Independent Bank Corporation (NASDAQ: IBCP) on Thursday reported a slight increase in fourth-quarter net income, supported by higher net interest income and a wider interest margin, and said its board had approved a stock repurchase program.
Net income for the quarter ended Dec. 31, 2025, rose to $18.6 million, or $0.89 per diluted share, from $18.5 million, or $0.87 per share, a year earlier, the Michigan-based community bank said in a statement. For the full year, net income increased to $68.5 million, or $3.27 per diluted share, compared with $66.8 million, or $3.16 per share, in 2024.
Net Interest Income and Margin
Net interest income rose to $46.4 million in the fourth quarter, up 8.2% from a year earlier and 2.2% from the third quarter, reflecting higher average earning assets and improved asset yields, the bank said.
The net interest margin increased to 3.62%, compared with 3.45% in the same period last year and 3.54% in the previous quarter. For the full year, the margin widened to 3.56% from 3.38% in 2024, as yields on earning assets rose in a higher interest rate environment.
Loans and Deposits
Independent Bank reported $78.0 million in loan growth from Sept. 30, 2025, representing an annualized increase of 7.4%. Total deposits, excluding brokered deposits, increased by $57.1 million, or 4.8% on an annualized basis, over the same period.
The company cited growth in commercial lending activity, while noting continued competition for deposits across the banking sector.
Credit Quality and Capital
Non-performing loans increased to $33.1 million at Dec. 31, 2025, from $7.8 million a year earlier, largely reflecting deterioration in a single commercial relationship, the bank said. Provision for credit losses totaled $6.1 million for the full year, compared with $4.5 million in 2024.

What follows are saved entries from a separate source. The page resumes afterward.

//! Nodes of either end, as far as what drives them has to do with them.
ghost use Rattle.std.specs.Prelude.{◌≡◌, ◌≤◌, ◌<◌, ◌^◌, ℕ, List, length};
ghost use Rattle.rx_model.specs.declared.event.Event.{Event};
ghost use Rattle.rx_model.specs.declared.event.Event.TheVariants as events;
ghost use Rattle.rx_model.specs.declared.wire.TheConstants.{DATAGRAM_BYTES};
ghost use Rattle.rx_node.specs.Node.{setup_of};
ghost use Rattle.rx_node.specs.Steps.{AnswersNode, StandsNode, given_from};
ghost use Rattle.rx_rules.specs.After.{looks};
ghost use Rattle.rx_rules.specs.Items.{due as rules_due};
ghost use Rattle.rx_server.specs.Server.{Answered, Stands};
ghost use Rattle.rx_drive.specs.Nodes.{Answers};

use rx_class::Class;
use rx_client::Client;
use rx_due::Steps;
use rx_model::{Host, Took};
use rx_server::Server;
use std::marker::Brand;
use std::sync::ledger::{Blank, Ledger};

/// A node of either end, as far as what drives it has to do with it.
pub trait Endpoint {
    ghost use Rattle.rx_rules.specs.Rules.{Legal};
    ghost use Rattle.rx_rules.specs.Setup.{Setup};

    /// How it is set up.
    ghost setup: { Self → Setup };

    /// The histories for which it stands, the newest event first.
    ghost stands: { Self → List Event → Type 0 };

    /// Its moment, in milliseconds.
    ghost clocked: { Self → ℕ };

    /// Its moment, in milliseconds.
    fn moment(&self) -> u64
        ensures value { result ≡ clocked self.now }
        ensures exact { (h : List Event) → stands self.now h → result ≡ (looks (setup self.now) h).now };

    /// Its moment is this one now, in milliseconds.
    fn clock(&mut self, now: u64)
        requires later { clocked self.old ≤ now }
        requires now { now < 2 ^ 62 }
        ensures answered { Answers (setup self.old) (stands self.old) (stands self.new) (events.Clocked now) }
        ensures setup { setup self.new ≡ setup self.old };

    /// Writes the next datagram that is due to the front of the buffer, and answers the host that it is for and its
    /// length in bytes; none where nothing is due.
    fn poll(&mut self, to: &mut [u8]) -> Option<(Host, usize)>
        requires { DATAGRAM_BYTES ≤ length to.old }
        ensures answered { Answers (setup self.old) (stands self.old) (stands self.new)
            (events.Polled (given_from result to.new)) }
        ensures setup { setup self.new ≡ setup self.old };

    /// Takes a single datagram from a host.
    fn take(&mut self, from: Host, bytes: &[u8]) -> Took
        ensures answered { Answers (setup self.old) (stands self.old) (stands self.new)
            (events.Taken from bytes.now result) }
        ensures setup { setup self.new ≡ setup self.old };

    /// From which moment on a poll would do something; none where it never would.
    fn due(&self) -> Option<u64>
        ensures { (h : List Event) → stands self.now h →
            result ≡ rules_due (setup self.now) (looks (setup self.now) h) };

    // Each history for which it stands is legal.
    ghost legal: { (s : Self) (h : List Event) → stands s h → Legal (setup s) h };

    // Its moment is the one that such a history says.
    ghost timed: { (s : Self) (h : List Event) → stands s h → clocked s ≡ (looks (setup s) h).now };
}

impl<C: Class> Endpoint for Server<C> {
    ghost setup = { λ s. setup_of C.class_of s.node };

    ghost stands = { λ s h. Stands C.class_of s h };

    ghost clocked = { λ s. s.node.moment };

    ghost legal = { λ s h is. is.legal };

    ghost timed = { λ s h is. is.serves.mirrors.now };

    fn moment(&self) -> u64 {
        Server::moment(self)
    }

    fn clock(&mut self, now: u64) {
        Server::clock(self, now);
    }

    fn poll(&mut self, to: &mut [u8]) -> Option<(Host, usize)> {
        poll_server::<C, Brand>(self, to, Blank::new(1))
    }

    fn take(&mut self, from: Host, bytes: &[u8]) -> Took {
        Server::take(self, from, bytes)
    }

    fn due(&self) -> Option<u64> {
        server_due::<C, Brand>(self, Blank::new(1))
    }
}

fn poll_server<C: Class, L: Ledger>(
    server: &mut Server<C>,
    to: &mut [u8],
    blank: Blank,
) -> Option<(Host, usize)>
    requires room { DATAGRAM_BYTES ≤ length to.old }
    requires name { blank.name ≡ L.name }
    requires parts { blank.parts ≡ L.parts }
    requires counts { 0 < blank.parts }
    ensures answered { Answered C.class_of server.old server.new (events.Polled (given_from result to.new)) }
    ensures setup { setup_of C.class_of server.new.node ≡ setup_of C.class_of server.old.node }
{
    let mut steps = Steps::<L>::new(blank);
    server.poll(to, &mut steps)
}

fn server_due<C: Class, L: Ledger>(server: &Server<C>, blank: Blank) -> Option<u64>
    requires name { blank.name ≡ L.name }
    requires parts { blank.parts ≡ L.parts }
    requires counts { 0 < blank.parts }
    ensures { (h : List Event) → Stands C.class_of server.now h →
        result ≡ rules_due (setup_of C.class_of server.now.node) (looks (setup_of C.class_of server.now.node) h) }
{
    let mut steps = Steps::<L>::new(blank);
    server.due(&mut steps)
}

impl<C: Class> Endpoint for Client<C> {
    ghost setup = { λ s. setup_of C.class_of s };

    ghost stands = { λ s h. StandsNode C.class_of s h };

    ghost clocked = { λ s. s.moment };

    ghost legal = { λ s h is. is.legal };

    ghost timed = { λ s h is. is.mirrors.now };

    fn moment(&self) -> u64 {
        Client::moment(self)
    }

    fn clock(&mut self, now: u64) {
        Client::clock(self, now);
    }

    fn poll(&mut self, to: &mut [u8]) -> Option<(Host, usize)> {
        poll_client::<C, Brand>(self, to, Blank::new(1))
    }

    fn take(&mut self, from: Host, bytes: &[u8]) -> Took {
        Client::take(self, from, bytes)
    }

    fn due(&self) -> Option<u64> {
        client_due::<C, Brand>(self, Blank::new(1))
    }
}

fn poll_client<C: Class, L: Ledger>(
    client: &mut Client<C>,
    to: &mut [u8],
    blank: Blank,
) -> Option<(Host, usize)>
    requires room { DATAGRAM_BYTES ≤ length to.old }
    requires name { blank.name ≡ L.name }
    requires parts { blank.parts ≡ L.parts }
    requires counts { 0 < blank.parts }
    ensures answered { AnswersNode C.class_of client.old client.new (events.Polled (given_from result to.new)) }
    ensures setup { setup_of C.class_of client.new ≡ setup_of C.class_of client.old }
{
    let mut steps = Steps::<L>::new(blank);
    client.poll(to, &mut steps)
}

fn client_due<C: Class, L: Ledger>(client: &Client<C>, blank: Blank) -> Option<u64>
    requires name { blank.name ≡ L.name }
    requires parts { blank.parts ≡ L.parts }
    requires counts { 0 < blank.parts }
    ensures { (h : List Event) → StandsNode C.class_of client.now h →
        result ≡ rules_due (setup_of C.class_of client.now) (looks (setup_of C.class_of client.now) h) }
{
    let mut steps = Steps::<L>::new(blank);
    client.due(&mut steps)
}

The tangible common equity ratio rose to 8.65%, up from 8.00% at the end of 2024, supported by retained earnings. Return on average assets for the fourth quarter was 1.35%, while return on average equity was 14.75%.
Non-Interest Income
Non-interest income totaled $12.0 million in the fourth quarter and $45.6 million for the full year, declining from the prior year, primarily due to lower mortgage banking revenue and reduced gains on equity securities. Mortgage loan sale gains were $1.4 million in the quarter, compared with $1.7 million a year earlier.
Capital Actions and Outlook
Independent Bank paid a quarterly dividend of $0.26 per share in November and said its board had authorized a stock repurchase program of up to 5% of outstanding shares.
Chief Executive William B. Kessel said the bank ended the year with higher tangible book value and stable earnings, while operating in a competitive funding environment and amid evolving credit conditions. He said the company entered 2026 with a solid commercial loan pipeline and continued focus on credit discipline.
Reasons to Pass on IBCP:
- Non-performing loans quadrupled: Surged to $33.1M from $7.8M year-over-year due to one troubled commercial credit.
- Provisions up 36%: Full-year expense rose to $6.1M from $4.5M, signaling credit deterioration.
- Non-interest income declined: Q4 at $12.0M and full-year $45.6M, hit by lower mortgage gains ($1.4M vs. $1.7M).
- Earnings growth negligible: Q4 up just 1% to $0.89/share; full-year +3% to $3.27/share.
- Deposits trail loans: 4.8% annualized growth vs. 7.4% for loans, exposing funding gap.
- Commercial lending reliance: Growth tied to volatile commercial pipeline amid deposit competition.